Per hpaulj's comment, the closest thing I could find to the method described above that would "magically" extract the attributes of the parsed object is something that would extract the dest attribute from each of the parser's _actions.:

parser = argparse.ArgumentParser()
parser.add_argument('--some-arg')
parser.add_argument('--another-arg')
MagicNamespace = namedtuple('MagicNamespace', [act.dest for act in parser._actions])
parsed = parser.parse_args(['--some-arg', 'val1', '--another-arg', 'val2'])  # type: MagicNamespace

But this still does not cause attribute errors to get flagged in static analysis. This is true also true if I pass namespace=MagicNamespace in the parser.parse_args call.

Alex Waygood
  • 6,304
  • 3
  • 24
  • 46
Billy
  • 5,179
  • 2
  • 27
  • 53
  • A quick google says that you can use type hints on the first use of local variables. Try it on `parser = argparse.ArgumentParser() # type: argparse.Namespace` and see if it works. – aghast Feb 16 '17 at 16:24
  • @Austin: `parser` in this case is an `argparse.ArgumentParser` object, not an `argparse.Namespace` object. I want the `parsed` object to be populated with the args as attributes. – Billy Feb 16 '17 at 16:26
  • You're right. I missed `parsed` vs. `parser.` What you really want seems to be that PyCharm parses the method arguments when building your ArgumentParser. I doubt that works well. – aghast Feb 16 '17 at 16:33
  • 1
    `add_argument` returns the `Action` object it just created.

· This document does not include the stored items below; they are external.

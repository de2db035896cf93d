//! The matches in a tree.
ghost use Rattle.std.specs.Prelude.{◌≡◌, ◌≤◌, ◌∷◌, [], ◌++◌, if◌then◌else◌, length, map, reverse, take, IfOk, OnOk};
ghost use Rattle.std.specs.List.{list_any};
ghost use Rattle.std.specs.Str.{bytes_eq};
ghost use Rattle.syntax_tree.specs.declared.element.SyntaxElement.TheVariants.{Node};
ghost use Rattle.tree_search.specs.Elements.{children_below};
ghost use Rattle.tree_search.specs.Matching.{names};
ghost use Rattle.tree_search.specs.Search.{bound_elements, is_first, AreMatches};

use crate::bones::children_of;
use crate::matching::{Binding, match_at};
use rowan_green::GreenTokenRef;
use std::alloc::{AllocError, Global};
use std::marker::Model;
use syntax_tree::{SyntaxElement, SyntaxNode};
use tree_patterns::Pattern;

/// A match: an element, and what the places of the pattern stand for, in order.
#[derive(Drop)]
pub struct Match {
    element: SyntaxElement,
    bindings: Vec<Binding>,
}

impl Model for Match {
    ghost use Rattle.std.specs.Coded.{codes};
    ghost use Rattle.rowan_green.specs.Forest.{tree_code};
    ghost use Rattle.tree_search.specs.Search.{Found};

    ghost Value = { Found };

    ghost coded = { Prim.hlevel (codes, tree_code) };

    ghost view = { λ m. record { element = m.element; bound = m.bindings.items } };
}

impl Match {
    /// Returns the element that matches.
    pub fn element(&self) -> &SyntaxElement
        ensures { result.now ≡ self.now.element }
    {
        &self.element
    }

    /// Returns what the places of the pattern stand for, in order.
    pub fn bindings(&self) -> &[Binding]
        ensures { result.now ≡ self.now.bound }
    {
        self.bindings.as_slice()
    }
}

/// Puts elements on a stack, the first on top.
#[tactic(auto, using(tree_patterns::proofs::Stacks::moved))]
fn push_reversed(
    elements: Vec<SyntaxElement>,
    stack: &mut Vec<SyntaxElement>,
) -> Result<(), AllocError>
    ensures { OnOk result (stack.new.items ≡ stack.old.items ++ reverse elements.items) }
{
    let mut elements = elements;
    'elements: while let Some(element) = elements.pop() {
        stack.push(element)?;
    }
    Ok(())
}

/// Returns `true` if a place of a name is among places.
fn is_seen(seen: &[GreenTokenRef<'_>], name: &str) -> bool
    ensures { result ≡ list_any (λ l. bytes_eq l.text name.now) seen.now }
{
    seen.iter().any(|place| place.text() == name)
}

/// Returns `true` if a place is the first of its name among places, or has none.
#[tactic(auto, using(crate::proofs::Bindings::seen_names))]
fn is_first(seen: &[GreenTokenRef<'_>], name: &str) -> bool
    ensures { result ≡ is_first (map (λ l. l.text) seen.now) name.now }
{
    name == "_" || !is_seen(seen, name)
}

/// Adds elements to others.
fn extend(elements: &mut Vec<SyntaxElement>, more: &[SyntaxElement]) -> Result<(), AllocError>
    ensures { OnOk result (elements.new.items ≡ elements.old.items ++ more.now) }
{
    for element in more {
        elements.push(element.clone()?)?;
    }
    Ok(())
}

/// Returns the first places.
fn front<'a, 'b>(places: &'b [GreenTokenRef<'a>], count: usize) -> &'b [GreenTokenRef<'a>]
    requires { count ≤ length places.now }
    ensures { result.now ≡ take count places.now }
{
    &places[..count]
}

/// Adds the elements of a binding, unless a place of its name was seen.
fn extend_first(
    elements: &mut Vec<SyntaxElement>,
    seen: &[GreenTokenRef<'_>],
    name: &str,
    binding: &Binding,
) -> Result<(), AllocError>
    ensures { OnOk result (elements.new.items ≡ elements.old.items
        ++ (if is_first (map (λ l. l.text) seen.now) name.now then binding.now else [])) }
{
    if is_first(seen, name) {
        extend(elements, binding.elements())?;
        return Ok(());
    }
    Ok(())
}

/// Returns the elements that the first places of names stand for, in order.
fn bound_elements(
    alloc: Global,
    places: &[GreenTokenRef<'_>],
    bindings: &[Binding],
) -> Result<Vec<SyntaxElement>, AllocError>
    ensures { IfOk result (λ v. v.items
        ≡ bound_elements [] (map (λ l. l.text) places.now) bindings.now) }
{
    let mut elements = Vec::new(alloc);
    let mut at = 0usize;
    'places: while at < places.len() {
        if at >= bindings.len() {
            return Ok(elements);
        }
        let seen = front(places, at);
        let place = &places[at];
        let binding = &bindings[at];
        extend_first(&mut elements, seen, place.text(), binding)?;
        at += 1;
    }
    Ok(elements)
}

/// Adds a match, and puts what its places stand for on a stack, the first on top.
fn push_match(
    alloc: Global,
    pattern: &Pattern,
    found: Match,
    stack: &mut Vec<SyntaxElement>,
    matches: &mut Vec<Match>,
) -> Result<(), AllocError>
    ensures stack { OnOk result (stack.new.items
        ≡ stack.old.items ++ reverse (bound_elements [] (names pattern.now) found.bound)) }
    ensures matches { OnOk result (matches.new.items ≡ matches.old.items ++ found ∷ []) }
{
    let places = pattern.places(alloc)?;
    let inner = bound_elements(alloc, places.as_slice(), found.bindings())?;
    push_reversed(inner, stack)?;
    matches.push(found)?;
    Ok(())
}

/// Returns the children of an element, in order.
fn children_below(alloc: Global, element: &SyntaxElement) -> Result<Vec<SyntaxElement>, AllocError>
    ensures { IfOk result (λ v. v.items ≡ children_below element.now) }
{
    match element {
        SyntaxElement::Node(node) => children_of(alloc, node),
        SyntaxElement::Token(_) => Ok(Vec::new(alloc)),
    }
}

/// Returns the matches of `pattern` in the tree below `root` and in `root` itself, in source order: of a
/// node that matches, itself, then those in what its places stand for; of another one, those in its
/// children. What the pattern itself fixes is not searched again.
///
/// # Errors
///
/// [`AllocError`] if an allocation fails or a reference count overflows.
#[tactic(auto, using(crate::proofs::Searches::search_steps))]
pub fn search(alloc: Global, pattern: &Pattern, root: &SyntaxNode) -> Result<Vec<Match>, AllocError>
    ensures { IfOk result (λ v. AreMatches pattern.now (Node root.now ∷ []) v.items) }
{
    let mut matches = Vec::new(alloc);
    let mut stack = Vec::new(alloc);
    stack.push(SyntaxElement::Node(root.clone()?))?;
    'stack: while let Some(element) = stack.pop() {
        match match_at(alloc, pattern, &element)? {
            Some(bindings) => {
                let found = Match { element, bindings };
                push_match(alloc, pattern, found, &mut stack, &mut matches)?;
            }
            None => {
                let children = children_below(alloc, &element)?;
                push_reversed(children, &mut stack)?;
            }
        }
    }
    Ok(matches)
}
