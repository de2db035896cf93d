//! Calls succeed while allocations succeed, on hand-made trees.
use parser_input::SyntaxKind;
use rowan_green::{GreenNode, GreenNodeBuilder};
use std::alloc::Global;
use std::test::Fail;
use syntax_editor::{IndentLevel, SourceFile, StmtList};
use syntax_tree::{AstNode, SyntaxElement, SyntaxMapping, SyntaxNode, TreeIds};
use tree_indent::{AstNodeEdit, dedent, indent, indent_with_mapping, reset_indent};

/// The kind and the text of a token.
type Leaf = (SyntaxKind, &'static str);

/// The tokens of a match block. Each arm is a single token here.
const ARMS: &[Leaf] = &[
    (SyntaxKind::L_CURLY, "{"),
    (SyntaxKind::WHITESPACE, "\n    "),
    (SyntaxKind::MATCH_ARM, "_ => (),"),
    (SyntaxKind::WHITESPACE, "\n    "),
    (SyntaxKind::MATCH_ARM, "_ => (),"),
    (SyntaxKind::WHITESPACE, "\n"),
    (SyntaxKind::R_CURLY, "}"),
];

const BLOCK: &[Leaf] = &[
    (SyntaxKind::L_CURLY, "{"),
    (SyntaxKind::WHITESPACE, "\n        "),
    (SyntaxKind::IDENT, "a"),
    (SyntaxKind::WHITESPACE, "\n    "),
    (SyntaxKind::R_CURLY, "}"),
];

fn raw(kind: SyntaxKind) -> rowan_green::SyntaxKind {
    rowan_green::SyntaxKind(kind.to_raw())
}

fn push(builder: &mut GreenNodeBuilder<'_>, kind: SyntaxKind, leaves: &[Leaf]) -> Result<(), Fail> {
    builder.start_node(raw(kind))?;
    for (kind, text) in leaves {
        builder.token(raw(*kind), text)?;
    }
    Ok(builder.finish_node()?)
}

/// Returns a statement list with these tokens.
fn list(alloc: Global, leaves: &[Leaf]) -> Result<GreenNode, Fail> {
    let mut builder = GreenNodeBuilder::new(alloc);
    push(&mut builder, SyntaxKind::STMT_LIST, leaves)?;
    Ok(builder.finish()?)
}

/// Returns a file that starts with a line feed and four spaces, followed by a statement list with
/// these tokens.
fn file(alloc: Global, leaves: &[Leaf]) -> Result<GreenNode, Fail> {
    let mut builder = GreenNodeBuilder::new(alloc);
    builder.start_node(raw(SyntaxKind::SOURCE_FILE))?;
    builder.token(raw(SyntaxKind::WHITESPACE), "\n    ")?;
    push(&mut builder, SyntaxKind::STMT_LIST, leaves)?;
    builder.finish_node()?;
    Ok(builder.finish()?)
}

fn text_of(alloc: Global, node: &SyntaxNode) -> Result<String, Fail> {
    Ok(format!(in alloc; "{}", node.cursor().text()?)?)
}

fn set_in(alloc: Global) -> Result<String, Fail> {
    let mut ids = TreeIds::new();
    let root = SyntaxNode::new_root(alloc, list(alloc, ARMS)?, &mut ids)?;
    text_of(alloc, &indent(alloc, &root, IndentLevel(2), &mut ids)?)
}

fn set_out(alloc: Global) -> Result<String, Fail> {
    let mut ids = TreeIds::new();
    let root = SyntaxNode::new_root(alloc, list(alloc, BLOCK)?, &mut ids)?;
    text_of(alloc, &dedent(alloc, &root, IndentLevel(1), &mut ids)?)
}

fn inner(alloc: Global, ids: &mut TreeIds) -> Result<SyntaxNode, Fail> {
    let root = SyntaxNode::new_root(alloc, file(alloc, BLOCK)?, ids)?;
    match root.element_at(alloc, &[1])? {
        Some(SyntaxElement::Node(node)) => Ok(node),
        _ => Err(Fail::new("no list")),
    }
}

fn reset(alloc: Global) -> Result<String, Fail> {
    let mut ids = TreeIds::new();
    let node = inner(alloc, &mut ids)?;
    text_of(alloc, &reset_indent(alloc, &node, &mut ids)?)
}

/// Indents a typed node by its own level, which is one, and dedents it by that level.
fn typed(alloc: Global) -> Result<String, Fail> {
    let mut ids = TreeIds::new();
    let Some(list) = StmtList::cast(inner(alloc, &mut ids)?) else {
        return Err(Fail::new("of another type"));
    };
    let level = list.indent_level(alloc)?;
    let set_in = list.indent(alloc, level, &mut ids)?;
    text_of(alloc, set_in.dedent(alloc, level, &mut ids)?.syntax())
}

/// Dedents a typed node by its own level.
fn typed_reset(alloc: Global) -> Result<String, Fail> {
    let mut ids = TreeIds::new();
    let Some(list) = StmtList::cast(inner(alloc, &mut ids)?) else {
        return Err(Fail::new("of another type"));
    };
    text_of(alloc, list.reset_indent(alloc, &mut ids)?.syntax())
}

/// Indents a file by one level, as a typed node, and maps its statement list.
fn typed_mapped(alloc: Global) -> Result<String, Fail> {
    let mut ids = TreeIds::new();
    let root = SyntaxNode::new_root(alloc, file(alloc, BLOCK)?, &mut ids)?;
    let Some(file) = SourceFile::cast(root) else {
        return Err(Fail::new("of another type"));
    };
    let mut mapping = SyntaxMapping::new(alloc);
    let new = file.indent_with_mapping(alloc, IndentLevel(1), &mut mapping, &mut ids)?;
    if mapping.len() != 1 {
        return Err(Fail::new("not mapped"));
    }
    text_of(alloc, new.syntax())
}

/// Indents a file by one level, and maps its statement list.
fn mapped(alloc: Global) -> Result<String, Fail> {
    let mut ids = TreeIds::new();
    let root = SyntaxNode::new_root(alloc, file(alloc, BLOCK)?, &mut ids)?;
    let mut mapping = SyntaxMapping::new(alloc);
    let new = indent_with_mapping(alloc, &root, IndentLevel(1), &mut mapping, &mut ids)?;
    if mapping.len() != 1 {
        return Err(Fail::new("not mapped"));
    }
    text_of(alloc, &new)
}

#[test]
fn child_nodes_are_mapped(rt: HostRuntime) -> Result<(), Fail> {
    assert!(rt; mapped(rt.alloc())?.as_str() == "\n        {\n            a\n        }");
    Ok(())
}

#[test]
fn lines_are_set_in(rt: HostRuntime) -> Result<(), Fail> {
    assert!(rt;
        set_in(rt.alloc())?.as_str() == "{\n            _ => (),\n            _ => (),\n        }"
    );
    Ok(())
}

#[test]
fn lines_are_set_out(rt: HostRuntime) -> Result<(), Fail> {
    assert!(rt; set_out(rt.alloc())?.as_str() == "{\n    a\n}");
    Ok(())
}

#[test]
fn lines_are_set_out_by_their_own_level(rt: HostRuntime) -> Result<(), Fail> {
    assert!(rt; reset(rt.alloc())?.as_str() == "{\n    a\n}");
    Ok(())
}

#[test]
fn typed_nodes_are_set_in_and_out(rt: HostRuntime) -> Result<(), Fail> {
    assert!(rt; typed(rt.alloc())?.as_str() == "{\n        a\n    }");
    Ok(())
}

#[test]
fn typed_nodes_are_set_out_by_their_own_level(rt: HostRuntime) -> Result<(), Fail> {
    assert!(rt; typed_reset(rt.alloc())?.as_str() == "{\n    a\n}");
    Ok(())
}

#[test]
fn child_nodes_of_typed_nodes_are_mapped(rt: HostRuntime) -> Result<(), Fail> {
    assert!(rt; typed_mapped(rt.alloc())?.as_str() == "\n        {\n            a\n        }");
    Ok(())
}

Look at its attributes. `parser._actions` is a list of all these actions, which the parser uses during parsing. I've mentioned them in previous SO answers. – hpaulj Feb 28 '17 at 09:17
  • In your new edits, are you passing the new namespace to the `parse_args`? – hpaulj Feb 28 '17 at 12:08
  • More on `parser._actions`, http://stackoverflow.com/a/40007285 and http://stackoverflow.com/a/39282787 – hpaulj Feb 28 '17 at 12:40
  • I added a discussion of `namedtuple` to my answer. – hpaulj Feb 28 '17 at 18:06

9 Answers9

35

Typed argument parser was made for exactly this purpose. It wraps argparse. Your example is implemented as:

from tap import Tap


class ArgumentParser(Tap):
    somearg: str


parsed = ArgumentParser().parse_args(['--somearg', 'someval'])
the_arg = parsed.somearg

Here's a picture of it in action. enter image description here

It's on PyPI and can be installed with: pip install typed-argument-parser

Full disclosure: I'm one of the creators of this library.

Jesse
  • 643
  • 6
  • 11
  • This is a solid library, but very basic. It lacks things like callbacks and doesn't support typed subparsers well, which are problems I found after spending an hour on it. While it seems like an exciting project (and they seem to have plans to resolve these issues), as of April 2022, imo it isn't a usable replacement for a moderately complex use of argparse. – Paul Biggar Apr 04 '22 at 20:30
  • I would really recommend using the `namespace` argument to `parse_args` as mentioned by @aghast in this [answer](https://stackoverflow.com/a/42279784/15429). With Python 3.6 and up you can define your own `Namespace` class with arguments that only has type hints. – amos Sep 23 '22 at 08:54
28

Consider defining an extension class to argparse.Namespace that provides the type hints you want:

class MyProgramArgs(argparse.Namespace):
    def __init__():
        self.somearg = 'defaultval' # type: str

Then use namespace= to pass that to parse_args:

def process_argv():
    parser = argparse.ArgumentParser()
    parser.add_argument('--somearg')
    nsp = MyProgramArgs()
    parsed = parser.parse_args(['--somearg','someval'], namespace=nsp)  # type: MyProgramArgs
    the_arg = parsed.somearg  # <- Pycharm should not complain
aghast
  • 14,785
  • 3
  • 24
  • 56
  • 1
    The `defaultval` defined in this class over rides any default parameters defined in the parser methods. That's probably is desirable. But it's a detail to watch out for when using custom namespaces. – hpaulj Feb 16 '17 at 23:22
  • 1
    The `__init__` is not needed for Python 3.6 and up, instead add the attributes with a type hint (no value). ```somearg: str``` – amos Sep 23 '22 at 08:36
16

Most of these answers involve using another package to handle the typing. This would be a good idea only if there wasn't such a simple solution as the one I am about to propose.

Step 1. Type Declarations

First, define the types of each argument in a dataclass like so:

from dataclasses import dataclass

@dataclass
class MyProgramArgs:
    first_var: str
    second_var: int

Step 2. Argument Declarations

Then you can set up your parser however you like with matching arguments. For example:

import argparse

parser = argparse.ArgumentParser("This CLI program uses type hints!")
parser.add_argument("-a", "--first-var")
parser.add_argument("-b", "--another-var", type=int, dest="second_var")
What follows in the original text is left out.